Research & Papers

ReFormeR: Learning and Applying Explicit Query Reformulation Patterns

New AI system learns explicit reformulation patterns to make LLMs 40% more precise for complex searches.

Deep Dive

A research team led by Amin Bigdeli has introduced ReFormeR, a significant shift in how large language models (LLMs) are used for improving search queries. The core innovation is moving away from the common practice of directly prompting an LLM to rewrite a query. Instead, ReFormeR first analyzes pairs of initial queries and their empirically stronger reformulations to extract short, explicit reformulation patterns. These patterns, which include operations like sense disambiguation, vocabulary grounding, and discriminative facet addition, are consolidated into a compact, transferable library.

For a new query, the system analyzes the retrieval context to select the most appropriate pattern from its library. This selected pattern then acts as a strict guide or constraint for the LLM, forcing it to perform a targeted, controlled reformulation rather than a free-form rewrite. This "pattern-guided" approach makes the reformulation policy explicit and interpretable, directly addressing the black-box nature of typical LLM prompting for this task.

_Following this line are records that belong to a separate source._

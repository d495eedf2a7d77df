//! How a flat tree is looked at.

use crate::flat::{FlatTree, Part};
use crate::told::{Line, Looked, NodePage, Way};
use definitions::{Position, Range};
use docs::{Doc, Language};
use forests::{Branch, Forest, Numbers};
use lexer::MoreThan;
use mending::Mending;
use parser::Verdict;
use std::alloc::{AllocError, Global};
use trees::{Child, NodeId};
use views::span_of;

/// How many parts a page has.
const PAGE: usize = 100;

/// How many nodes of a way are told, and how many of these are the first ones.
const MOST_NODES: usize = 80;

const FIRST_NODES: usize = 8;

/// How many nodes are told beside those on the way.
const MOST_NAMED: usize = 60;

/// How many characters of a token are told.
const MOST_CHARACTERS: usize = 60;

/// A tree that is looked at.
#[derive(Clone, Copy)]
struct Look<'a, 'n> {
    alloc: Global,
    doc: &'a Doc,
    flat: FlatTree<'a>,
    /// For which tokens the kinds of a mended copy stand; none in a tree of the text.
    numbers: Option<&'n Numbers>,
    root: NodeId,
}

/// The places from the first up to the second, that one too.
#[derive(Clone, Copy)]
struct Places {
    first: usize,
    last: usize,
}

/// What is looked at of the tree of a document: the way to the token at a position, or to the
/// smallest node around it, the nodes on this way, each with the page that the way goes on from,
/// and those that are named, with the page of the part that they are named with. Where the text
/// has a fault it is the tree of its mended copy; none where the copy has a fault too. The copy is
/// the document's.
///
/// Refuses for memory alone.
pub fn looked_at(
    alloc: Global,
    language: &Language,
    doc: &Doc,
    mending: Option<&Mending>,
    position: Position,
    named: &[Way],
) -> Result<Looked, AllocError> {
    let (forest, verdict, numbers) = match mending {
        Some(mending) => (
            Forest::of_copy(mending),
            mending.parse().verdict(),
            Some(Numbers::of(alloc, mending)?),
        ),
        None => (Forest::of_document(doc), doc.parse().verdict(), None),
    };
    let Verdict::Tree(root) = verdict else {
        return Ok(Looked {
            root: None,
            way: Vec::new(alloc),
            nodes: Vec::new(alloc),
        });
    };
    let look = Look {
        alloc,
        doc,
        flat: FlatTree::of(language, forest),
        numbers: numbers.as_ref(),
        root,
    };
    look.at(position, named)
}

impl Look<'_, '_> {
    /// What is looked at.
    fn at(self, position: Position, named: &[Way]) -> Result<Looked, AllocError> {
        let offset = self.doc.characters().offset(self.doc.unit(), position);
        let way = self.way(offset)?;
        let mut nodes = Vec::new(self.alloc);
        self.add_nodes_on(&mut nodes, &way)?;
        for named in named.iter().take(MOST_NAMED) {
            self.add_named(&mut nodes, named)?;
        }
        Ok(Looked {
            root: Some(self.line(self.first())?),
            way,
            nodes,
        })
    }

    /// The tree of the first line.
    fn first(self) -> Part {
        self.flat.part(Child::Node(self.root), 0)
    }

    /// The node that the line beginning with a tree ends with; none where it ends with a token.
    fn node(self, part: Part) -> Option<Branch> {
        self.flat.branch(self.flat.last_of_line(part))
    }

    /// The way to the token at an offset, or to the smallest node around it.
    fn way(self, offset: usize) -> Result<Vec<usize>, AllocError> {
        let mut way = Vec::new(self.alloc);
        let Some(places) = self.places_at(offset) else {
            return Ok(way);
        };
        let mut line = self.first();
        for _ in 0..self.flat.forest.count() {
            let Some(branch) = self.node(line) else {
                return Ok(way);
            };
            let parts = self.flat.parts(self.alloc, branch)?;
            let Some(number) = parts.iter().position(|part| has(*part, places)) else {
                return Ok(way);
            };
            let Some(part) = parts.get(number) else {
                return Ok(way);
            };
            way.push(number)?;
            line = *part;
        }
        Ok(way)
    }

    /// The place of the token at an offset, twice, or the places of those before and behind it;
    /// none before the first.
    fn places_at(self, offset: usize) -> Option<Places> {
        let tokens = self.doc.tokens();
        let (place, before) = tokens.items().locate(&MoreThan::Characters(offset));
        let next = before.significant as usize;
        if let Some(token) = tokens.token(place)
            && !token.skipped
        {
            return self.places(next, next);
        }
        let last = next.checked_sub(1)?;
        if next >= tokens.significant() || self.numbered(last)?.end == offset {
            return self.places(last, last);
        }
        self.places(last, next)
    }

    /// The places of two significant tokens, the second one not before the first; of one that is
    /// left out of the copy that of its neighbour on the other one's side.
    fn places(self, first: usize, last: usize) -> Option<Places> {
        let Some(numbers) = self.numbers else {
            return Some(Places { first, last });
        };
        Some(Places {
            first: numbers.last_up_to(first)?,
            last: numbers.first_from(last)?,
        })
    }

    /// Adds the nodes on a way, each with the page of the part that goes on.
    fn add_nodes_on(self, nodes: &mut Vec<NodePage>, way: &[usize]) -> Result<(), AllocError> {
        let mut line = self.first();
        for (level, number) in way.iter().enumerate() {
            let Some(branch) = self.node(line) else {
                return Ok(());
            };
            let parts = self.flat.parts(self.alloc, branch)?;
            if is_told(level, way.len()) {
                nodes.push(self.page(way.get(..level).unwrap_or(&[]), &parts, *number)?)?;
            }
            match parts.get(*number) {
                Some(part) => line = *part,
                None => return Ok(()),
            }
        }
        Ok(())
    }

    /// Adds a node that is named by the way to it, where this leads to one.
    fn add_named(self, nodes: &mut Vec<NodePage>, named: &Way) -> Result<(), AllocError> {
        let mut path = Vec::new(self.alloc);
        let mut line = self.first();
        for number in &named.path {
            let Some(branch) = self.node(line) else {
                return Ok(());
            };
            let parts = self.flat.parts(self.alloc, branch)?;
            let Some(part) = parts.get(*number as usize) else {
                return Ok(());
            };
            path.push(*number as usize)?;
            line = *part;
        }
        let Some(branch) = self.node(line) else {
            return Ok(());
        };
        let parts = self.flat.parts(self.alloc, branch)?;
        nodes.push(self.page(&path, &parts, named.part as usize)?)?;
        Ok(())
    }

    /// The page that has a part of the node at the end of a way; of a number that is too great the
    /// last one.
    fn page(self, path: &[usize], parts: &[Part], part: usize) -> Result<NodePage, AllocError> {
        let last = parts.len().saturating_sub(1);
        let first = part.min(last) / PAGE * PAGE;
        let mut lines = Vec::new(self.alloc);
        for part in parts.iter().skip(first).take(PAGE) {
            lines.push(self.line(*part)?)?;
        }
        Ok(NodePage {
            path: Vec::from_slice(self.alloc, path)?,
            count: parts.len(),
            first,
            parts: lines,
        })
    }

    /// The line that begins with a tree.
    fn line(self, part: Part) -> Result<Line, AllocError> {
        let last = self.flat.last_of_line(part);
        let branch = self.flat.branch(last);
        let range = self.range(last);
        Ok(Line {
            names: self.names(part)?,
            is_node: branch.is_some(),
            has_parts: branch.is_some_and(|branch| self.flat.has_parts(branch)),
            is_there: last.from >= last.to || range.is_some(),
            text: match (branch, self.token(last.from)) {
                (None, Some(token)) => Some(self.text(token)?),
                _ => None,
            },
            range,
        })
    }

    /// The names in the line that begins with a tree, from outer to inner.
    fn names(self, first: Part) -> Result<Vec<String>, AllocError> {
        let mut names = Vec::new(self.alloc);
        let mut next = Some(first);
        for _ in 0..=self.flat.forest.count() {
            let Some(part) = next else {
                return Ok(names);
            };
            names.push(String::from_str(self.alloc, self.flat.name(part))?)?;
            next = self.flat.only_child(part);
        }
        Ok(names)
    }

    /// The significant token of this number.
    fn numbered(self, number: usize) -> Option<views::Part> {
        if number < self.doc.tokens().significant() {
            Some(span_of(self.doc.tokens(), number))
        } else {
            None
        }
    }

    /// The significant token at this place; none of what is put in.
    fn token(self, place: usize) -> Option<views::Part> {
        match self.numbers {
            Some(numbers) => self.numbered(numbers.number(place)?),
            None => self.numbered(place),
        }
    }

    /// What the tokens of a tree that are in the text stand on.
    fn range(self, part: Part) -> Option<Range> {
        let (text, unit) = (self.doc.characters(), self.doc.unit());
        let first = (part.from..part.to).find_map(|place| self.token(place))?;
        let last = (part.from..part.to)
            .rev()
            .find_map(|place| self.token(place))?;
        Some(Range {
            start: text.position(unit, first.start),
            end: text.position(unit, last.end),
        })
    }

    /// The text of a token, or the first characters of it.
    fn text(self, token: views::Part) -> Result<String, AllocError> {
        let mut text = String::new(self.alloc);
        let length = token.end.saturating_sub(token.start).min(MOST_CHARACTERS);
        for character in self.doc.characters().chars_from(token.start).take(length) {
            text.push(character)?;
        }
        Ok(text)
    }
}

/// Whether a tree has the tokens at both places.
fn has(part: Part, places: Places) -> bool {
    part.from <= places.first && places.last < part.to
}

/// Whether the node at this level of a way of so many nodes is told.
fn is_told(level: usize, count: usize) -> bool {
    level < FIRST_NODES || level.saturating_add(MOST_NODES - FIRST_NODES) >= count
}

The method's effectiveness was validated through extensive experiments on major information retrieval benchmarks: TREC Deep Learning (DL) 2019, DL 2020, and the challenging DL Hard dataset. The results showed that ReFormeR achieved consistent improvements over both classical retrieval feedback techniques (like pseudo-relevance feedback) and recent state-of-the-art LLM-based query reformulation and expansion approaches. This demonstrates that adding a layer of explicit, learned pattern control can significantly enhance the precision and reliability of LLMs in critical search and RAG (Retrieval-Augmented Generation) applications.

Key Points
  • Learns explicit reformulation patterns (e.g., disambiguation, grounding) from query pairs instead of direct LLM prompting.
  • Guides LLMs with selected patterns for controlled operations, improving interpretability over black-box methods.
  • Outperformed classical feedback and recent LLM-based methods on TREC DL 2019, 2020, and DL Hard benchmarks.

Why It Matters

Makes AI-powered search and RAG systems more precise, reliable, and interpretable for enterprise and research applications.